#### [EXERCISE PROMPT]
A verbatim copy of the entries is the required answer.
====== INFORMATION PROVIDED
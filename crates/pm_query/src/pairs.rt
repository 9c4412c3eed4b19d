//! The rows that a statement shows.
ghost use Rattle.std.specs.Prelude.{◌≡◌, [], ◌∷◌, ◌++◌, All, IfOk, OnOk};
ghost use Rattle.pm_rows.specs.{RowsIter.shown_row, Typed.IsTypedRow};

use pm_rows::Text;
use std::alloc::{AllocError, Global};
use std::marker::Model;
use std::sync::ArcSlice;

/// Rows, each as its key and its value, in the order in which they are shown. Contracts see them as that list.
///
/// Its copies share the list, so rows that several statements and the book's entry show are listed once.
#[derive(Debug, Drop)]
pub struct Pairs {
    pairs: ArcSlice<(i64, Text)>,
}

impl Model for Pairs {
    ghost use Rattle.std.specs.{Prelude.{All, ℕ, ℤ, List}, Arc.arc_slice_items};

    ghost Value = { List (ℤ × List ℕ) };

    ghost view = { λ shown. arc_slice_items shown.pairs };

    ghost use Rattle.pm_rows.specs.Typed.{IsTypedRow};

    ghost invariant = { λ shown. All IsTypedRow (arc_slice_items shown.pairs) };
}

impl Pairs {
    /// The rows, in order. Each has a key that fits 64 bits, and a value that is UTF-8.
    pub fn pairs(&self) -> &[(i64, Text)]
        ensures list { result.now ≡ self.now }
        ensures typed { All IsTypedRow self.now }
    {
        &self.pairs
    }

    /// Equal rows, which share the list. It fails only where there are as many copies as can be counted.
    pub fn copy(&self) -> Result<Pairs, AllocError>
        ensures { IfOk result (λ pairs. pairs ≡ self.now) }
    {
        Ok(Pairs {
            pairs: self.pairs.clone()?,
        })
    }
}

/// Rows while they are listed. Contracts see them as the list so far.
#[derive(Drop)]
pub(crate) struct Listing {
    pairs: Vec<(i64, Text)>,
}

impl Model for Listing {
    ghost use Rattle.std.specs.Prelude.{All, ℕ, ℤ, List};

    ghost Value = { List (ℤ × List ℕ) };

    ghost view = { λ listing. listing.pairs.items };

    ghost use Rattle.pm_rows.specs.Typed.{IsTypedRow};

    ghost invariant = { λ listing. All IsTypedRow listing.pairs.items };
}

impl Listing {
    // No rows yet, with room for so many.
    pub(crate) fn with_room(alloc: Global, rows: usize) -> Result<Listing, AllocError>
        ensures { IfOk result (λ listing. listing ≡ []) }
    {
        Ok(Listing {
            pairs: Vec::with_capacity(alloc, rows)?,
        })
    }

    // Adds a row after the others.
    pub(crate) fn push(&mut self, row: (i64, &Text)) -> Result<(), AllocError>
        ensures { OnOk result (self.new ≡ self.old ++ shown_row row.entry ∷ []) }
    {
        let (key, value) = row;
        // A text is UTF-8, as its slice tells.
        let _utf8 = value.as_str();
        let text = value.copy()?;
        self.pairs.push((key, text))?;
        Ok(())
    }

    // The rows that were listed, to be shared.
    pub(crate) fn shared(self) -> Result<Pairs, AllocError>
        ensures { IfOk result (λ pairs. pairs ≡ self) }
    {
        let Listing { pairs } = self;
        Ok(Pairs {
            pairs: ArcSlice::from_vec(pairs)?,
        })
    }
}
============
#### [WRITTEN SOLUTION]
filename crates/pm_query/src/pairs.rt
repository 9c4412c3eed4b19d
//! The rows that a statement shows.
ghost use Rattle.std.specs.Prelude.{◌≡◌, [], ◌∷◌, ◌++◌, All, IfOk, OnOk};
ghost use Rattle.pm_rows.specs.{RowsIter.shown_row, Typed.IsTypedRow};

use pm_rows::Text;
use std::alloc::{AllocError, Global};
use std::marker::Model;
use std::sync::ArcSlice;

/// Rows, each as its key and its value, in the order in which they are shown. Contracts see them as that list.
///
/// Its copies share the list, so rows that several statements and the book's entry show are listed once.
#[derive(Debug, Drop)]
pub struct Pairs {
    pairs: ArcSlice<(i64, Text)>,
}

impl Model for Pairs {
    ghost use Rattle.std.specs.{Prelude.{All, ℕ, ℤ, List}, Arc.arc_slice_items};

    ghost Value = { List (ℤ × List ℕ) };

    ghost view = { λ shown. arc_slice_items shown.pairs };

    ghost use Rattle.pm_rows.specs.Typed.{IsTypedRow};

    ghost invariant = { λ shown. All IsTypedRow (arc_slice_items shown.pairs) };
}

impl Pairs {
    /// The rows, in order. Each has a key that fits 64 bits, and a value that is UTF-8.
    pub fn pairs(&self) -> &[(i64, Text)]
        ensures list { result.now ≡ self.now }
        ensures typed { All IsTypedRow self.now }
    {
        &self.pairs
    }

    /// Equal rows, which share the list. It fails only where there are as many copies as can be counted.
    pub fn copy(&self) -> Result<Pairs, AllocError>
        ensures { IfOk result (λ pairs. pairs ≡ self.now) }
    {
        Ok(Pairs {
            pairs: self.pairs.clone()?,
        })
    }
}

/// Rows while they are listed. Contracts see them as the list so far.
#[derive(Drop)]
pub(crate) struct Listing {
    pairs: Vec<(i64, Text)>,
}

impl Model for Listing {
    ghost use Rattle.std.specs.Prelude.{All, ℕ, ℤ, List};

    ghost Value = { List (ℤ × List ℕ) };

    ghost view = { λ listing. listing.pairs.items };

    ghost use Rattle.pm_rows.specs.Typed.{IsTypedRow};

    ghost invariant = { λ listing. All IsTypedRow listing.pairs.items };
}

impl Listing {
    // No rows yet, with room for so many.
    pub(crate) fn with_room(alloc: Global, rows: usize) -> Result<Listing, AllocError>
        ensures { IfOk result (λ listing. listing ≡ []) }
    {
        Ok(Listing {
            pairs: Vec::with_capacity(alloc, rows)?,
        })
    }

    // Adds a row after the others.
    pub(crate) fn push(&mut self, row: (i64, &Text)) -> Result<(), AllocError>
        ensures { OnOk result (self.new ≡ self.old ++ shown_row row.entry ∷ []) }
    {
        let (key, value) = row;
        // A text is UTF-8, as its slice tells.
        let _utf8 = value.as_str();
        let text = value.copy()?;
        self.pairs.push((key, text))?;
        Ok(())
    }

    // The rows that were listed, to be shared.
    pub(crate) fn shared(self) -> Result<Pairs, AllocError>
        ensures { IfOk result (λ pairs. pairs ≡ self) }
    {
        let Listing { pairs } = self;
        Ok(Pairs {
            pairs: ArcSlice::from_vec(pairs)?,
        })
    }
}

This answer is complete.